__SUPPLIED INFORMATION__.
= = = =

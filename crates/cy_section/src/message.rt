// Writes messages, and the section of a chunk's messages.
ghost use Rattle.std.specs.Prelude.{◌≡◌, ◌+◌, ◌≤◌, ◌<◌, ◌++◌, length, take, vec_len, vec_capacity};
ghost use Rattle.std.specs.Prelude.{OnOk, OnErr, IsOkUnless};
ghost use Rattle.cy_wire.specs.Wire.{varint_bytes, field_u64, field_bytes};
ghost use Rattle.cy_section.specs.Section.{section, message_field, chunk_body};
ghost use Rattle.cy_section.specs.declared.types.SectionKind.TheVariants as kind;

use crate::head_bytes::{put_head, set_head_at};
use crate::{BodyMessage, ChunkBody, Piece, SectionError, SectionKind};
use bytes::BufMut;
use cy_wire::push_varint;

/// The tag of a message in a chunk's body, and those of a message's fields: the wire type in the
/// low three bits.
const MESSAGE_TAG: u64 = 8 + 2;

const NAME_TAG: u64 = 8 + 2;

const TIME_TAG: u64 = 2 * 8;

const CONTENT_TAG: u64 = 3 * 8 + 2;

/// Room for the numbers of a message: four tags, three lengths and the time, ten bytes for each.
const MESSAGE_ROOM: usize = 80;

/// As many bytes of a name and a content as leave every length in a message below 128, even that of
/// the fields, which take up to 15 bytes beside them.
const SHORT_BYTES: usize = 112;

/// How many bytes a number takes as a varint.
#[tactic(auto, using(crate::proofs::Lengths::varint_lengths))]
fn varint_len(value: u64) -> u64
    ensures { result ≡ length (varint_bytes value) }
{
    let mut rest = value;
    let mut len = 1;
    while rest >= 128 {
        rest /= 128;
        len += 1;
    }
    len
}

/// How many bytes the fields of a message take.
#[tactic(auto, using(crate::proofs::Lengths::message_fields))]
fn fields_size(name: &str, time: u64, content: &[u8]) -> u64
    requires { length name.now + length content.now ≤ 9223372036854775808 }
    ensures { result ≡ length (field_bytes 1 name.now ++ field_u64 2 time
        ++ field_bytes 3 content.now) }
{
    let name_len = name.len() as u64;
    let content_len = content.len() as u64;
    let name_size = 1 + varint_len(name_len) + name_len;
    let time_size = 1 + varint_len(time);
    let content_size = 1 + varint_len(content_len) + content_len;
    name_size + time_size + content_size
}

/// How many bytes a message takes in a chunk's body.
#[tactic(auto, using(crate::proofs::Lengths::message_sizes))]
pub fn message_size(name: &str, time: u64, content: &[u8]) -> u64
    requires { length name.now + length content.now ≤ 4611686018427387904 }
    ensures { result ≡ length (message_field record {
      channel_name = name.now;
      time = time;
      content = content.now;
    }) }
{
    let size = fields_size(name, time, content);
    1 + varint_len(size) + size
}

/// As many bytes as take less time one by one than by a copy.
const FEW_BYTES: usize = 8;

/// Appends bytes one by one, for which there is room.
#[inline(always)]
fn push_few(out: &mut Vec<u8>, bytes: &[u8])
    requires { vec_len out.old + length bytes.now ≤ vec_capacity out.old }
    ensures items { out.new.items ≡ out.old.items ++ bytes.now }
    ensures len { vec_len out.new ≡ vec_len out.old + length bytes.now }
    ensures capacity { vec_capacity out.new ≡ vec_capacity out.old }
{
    for byte in bytes {
        out.push_reserved(*byte);
    }
}

/// Appends bytes by a copy, for which there is room: that can't fail. It stands by itself, since
/// most bytes are few.
#[inline(never)]
fn push_many(out: &mut Vec<u8>, bytes: &[u8])
    requires { vec_len out.old + length bytes.now ≤ vec_capacity out.old }
    ensures items { out.new.items ≡ out.old.items ++ bytes.now }
    ensures len { vec_len out.new ≡ vec_len out.old + length bytes.now }
    ensures capacity { vec_capacity out.old ≤ vec_capacity out.new }
{
    let _ = out.put_slice(bytes);
}

/// Appends bytes, for which there is room.
#[inline(always)]
fn push_bytes(out: &mut Vec<u8>, bytes: &[u8])
    requires { vec_len out.old + length bytes.now ≤ vec_capacity out.old }
    ensures items { out.new.items ≡ out.old.items ++ bytes.now }
    ensures len { vec_len out.new ≡ vec_len out.old + length bytes.now }
    ensures capacity { vec_capacity out.old ≤ vec_capacity out.new }
{
    if bytes.len() <= FEW_BYTES {
        push_few(out, bytes);
    } else {
        push_many(out, bytes);
    }
}

/// Appends a field that holds bytes, for which there is room.
#[inline(always)]
fn push_field(out: &mut Vec<u8>, tag: u64, bytes: &[u8])
    requires { vec_len out.old + length bytes.now + 20 ≤ vec_capacity out.old }
    ensures items { out.new.items ≡ out.old.items
        ++ (varint_bytes tag ++ varint_bytes (length bytes.now) ++ bytes.now) }
    ensures len { vec_len out.new ≤ vec_len out.old + length bytes.now + 20 }
    ensures capacity { vec_capacity out.old ≤ vec_capacity out.new }
{
    push_varint(out, tag);
    push_varint(out, bytes.len() as u64);
    push_bytes(out, bytes);
}

/// Appends the fields of a message, for which there is room.
fn push_fields(out: &mut Vec<u8>, name: &str, time: u64, content: &[u8])
    requires { vec_len out.old + length name.now + length content.now + 60 ≤ vec_capacity out.old }
    ensures items { out.new.items ≡ out.old.items ++ (field_bytes 1 name.now ++ field_u64 2 time
        ++ field_bytes 3 content.now) }
{
    push_field(out, NAME_TAG, name.as_bytes());
    push_varint(out, TIME_TAG);
    push_varint(out, time);
    push_field(out, CONTENT_TAG, content);
}

/// Makes room for a message. The bytes stay, whatever the answer.
fn reserve_message(out: &mut Vec<u8>, name: &str, content: &[u8]) -> Result<(), SectionError>
    ensures same { out.new.items ≡ out.old.items }
    ensures room { OnOk result (vec_len out.new + length name.now + length content.now + 80
        ≤ vec_capacity out.new) }
    ensures only_memory { IsOkUnless result SectionError.Memory }
{
    let bytes = name.len() + content.len();
    out.reserve(bytes.saturating_add(MESSAGE_ROOM))?;
    Ok(())
}

/// How many bytes the fields of a message with a short name and content take.
#[tactic(auto, using(crate::proofs::Lengths::short_fields))]
fn short_size(name: &str, time: u64, content: &[u8]) -> u64
    requires { length name.now + length content.now ≤ 112 }
    ensures size { result ≡ length (field_bytes 1 name.now ++ field_u64 2 time
        ++ field_bytes 3 content.now) }
    ensures small { result < 128 }
{
    5 + name.len() as u64 + varint_len(time) + content.len() as u64
}

/// Appends a number below 128, for which there is room.
#[inline(always)]
#[tactic(auto, using(crate::proofs::Lengths::small_varints))]
fn push_small(out: &mut Vec<u8>, value: u64)
    requires small { value < 128 }
    requires room { vec_len out.old < vec_capacity out.old }
    ensures items { out.new.items ≡ out.old.items ++ varint_bytes value }
    ensures len { vec_len out.new ≡ vec_len out.old + 1 }
    ensures capacity { vec_capacity out.new ≡ vec_capacity out.old }
{
    out.push_reserved(value as u8);
}

/// Appends a message with a short name and content, for which there is room.
#[tactic(auto, unfolding(crate::specs::Section::message_field))]
fn push_short(out: &mut Vec<u8>, name: &str, time: u64, content: &[u8])
    requires short { length name.now + length content.now ≤ 112 }
    requires room { vec_len out.old + length name.now + length content.now + 80
        ≤ vec_capacity out.old }
    ensures { out.new.items ≡ out.old.items ++ message_field record {
      channel_name = name.now;
      time = time;
      content = content.now;
    } }
{
    push_small(out, MESSAGE_TAG);
    push_small(out, short_size(name, time, content));
    push_small(out, NAME_TAG);
    push_small(out, name.len() as u64);
    push_bytes(out, name.as_bytes());
    push_small(out, TIME_TAG);
    push_varint(out, time);
    push_small(out, CONTENT_TAG);
    push_small(out, content.len() as u64);
    push_bytes(out, content);
}

/// Appends a message of any length, for which there is room. Most are short, so this stands by
/// itself and leaves the registers to those.
#[inline(never)]
#[tactic(auto, unfolding(crate::specs::Section::message_field))]
fn push_any(out: &mut Vec<u8>, name: &str, time: u64, content: &[u8])
    requires room { vec_len out.old + length name.now + length content.now + 80
        ≤ vec_capacity out.old }
    ensures { out.new.items ≡ out.old.items ++ message_field record {
      channel_name = name.now;
      time = time;
      content = content.now;
    } }
{
    push_varint(out, MESSAGE_TAG);
    push_varint(out, fields_size(name, time, content));
    push_fields(out, name, time, content);
}

/// Appends a message as a chunk's body has it. Want of memory changes nothing.
fn push_message(
    out: &mut Vec<u8>,
    name: &str,
    time: u64,
    content: &[u8],
) -> Result<(), SectionError>
    ensures ok { OnOk result (out.new.items ≡ out.old.items ++ message_field record {
      channel_name =
          name.now;
      time = time;
      content = content.now;
    }) }
    ensures err { OnErr result (out.new.items ≡ out.old.items) }
    ensures only_memory { IsOkUnless result SectionError.Memory }
{
    reserve_message(out, name, content)?;
    if name.len() + content.len() <= SHORT_BYTES {
        push_short(out, name, time, content);
    } else {
        push_any(out, name, time, content);
    }
    Ok(())
}

/// Appends a message as a chunk's body has it; its content is copied once. Want of memory changes
/// nothing.
pub fn put_message(
    to: &mut Piece,
    name: &str,
    time: u64,
    content: &[u8],
) -> Result<(), SectionError>
    ensures ok { OnOk result (to.new ≡ to.old ++ message_field record {
      channel_name = name.now;
      time = time;
      content = content.now;
    }) }
    ensures err { OnErr result (to.new ≡ to.old) }
    ensures only_memory { IsOkUnless result SectionError.Memory }
{
    push_message(&mut to.bytes, name, time, content)
}

/// Appends messages. After want of memory some of them may stand behind what was there before.
fn put_messages(to: &mut Piece, messages: &[BodyMessage]) -> Result<(), SectionError>
    ensures ok { OnOk result (to.new ≡ to.old ++ chunk_body messages.now) }
    ensures err { OnErr result (take (length to.old) to.new ≡ to.old) }
    ensures only_memory { IsOkUnless result SectionError.Memory }
{
    for message in messages {
        let content = message.content.as_slice();
        put_message(to, message.channel_name.as_str(), message.time, content)?;
    }
    Ok(())
}

/// Appends the messages of a chunk; their contents are copied once. Want of memory changes nothing.
pub fn put_chunk_body(to: &mut Piece, value: &ChunkBody) -> Result<(), SectionError>
    ensures ok { OnOk result (to.new ≡ to.old ++ section kind.ChunkBody
        (chunk_body value.now.messages)) }
    ensures err { OnErr result (to.new ≡ to.old) }
    ensures only_memory { IsOkUnless result SectionError.Memory }
{
    let start = to.bytes().len();
    // The size in the head is known once the messages stand behind it.
    put_head(to, SectionKind::ChunkBody, 0)?;
    if let Err(error) = put_messages(to, value.messages.as_slice()) {
        to.truncate(start);
        return Err(error);
    }
    set_head_at(to, start, SectionKind::ChunkBody);
    Ok(())
}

= = = =

__WHAT YOU HAVE TO DO__. Copy the records above exactly, please, but only from the first line through the line containing "use cy_wire::push_varint;".

__EXPECTED ANSWER__.
filename crates/cy_section/src/message.rt
// Writes messages, and the section of a chunk's messages.
ghost use Rattle.std.specs.Prelude.{◌≡◌, ◌+◌, ◌≤◌, ◌<◌, ◌++◌, length, take, vec_len, vec_capacity};
ghost use Rattle.std.specs.Prelude.{OnOk, OnErr, IsOkUnless};
ghost use Rattle.cy_wire.specs.Wire.{varint_bytes, field_u64, field_bytes};
ghost use Rattle.cy_section.specs.Section.{section, message_field, chunk_body};
ghost use Rattle.cy_section.specs.declared.types.SectionKind.TheVariants as kind;

use crate::head_bytes::{put_head, set_head_at};
use crate::{BodyMessage, ChunkBody, Piece, SectionError, SectionKind};
use bytes::BufMut;
use cy_wire::push_varint;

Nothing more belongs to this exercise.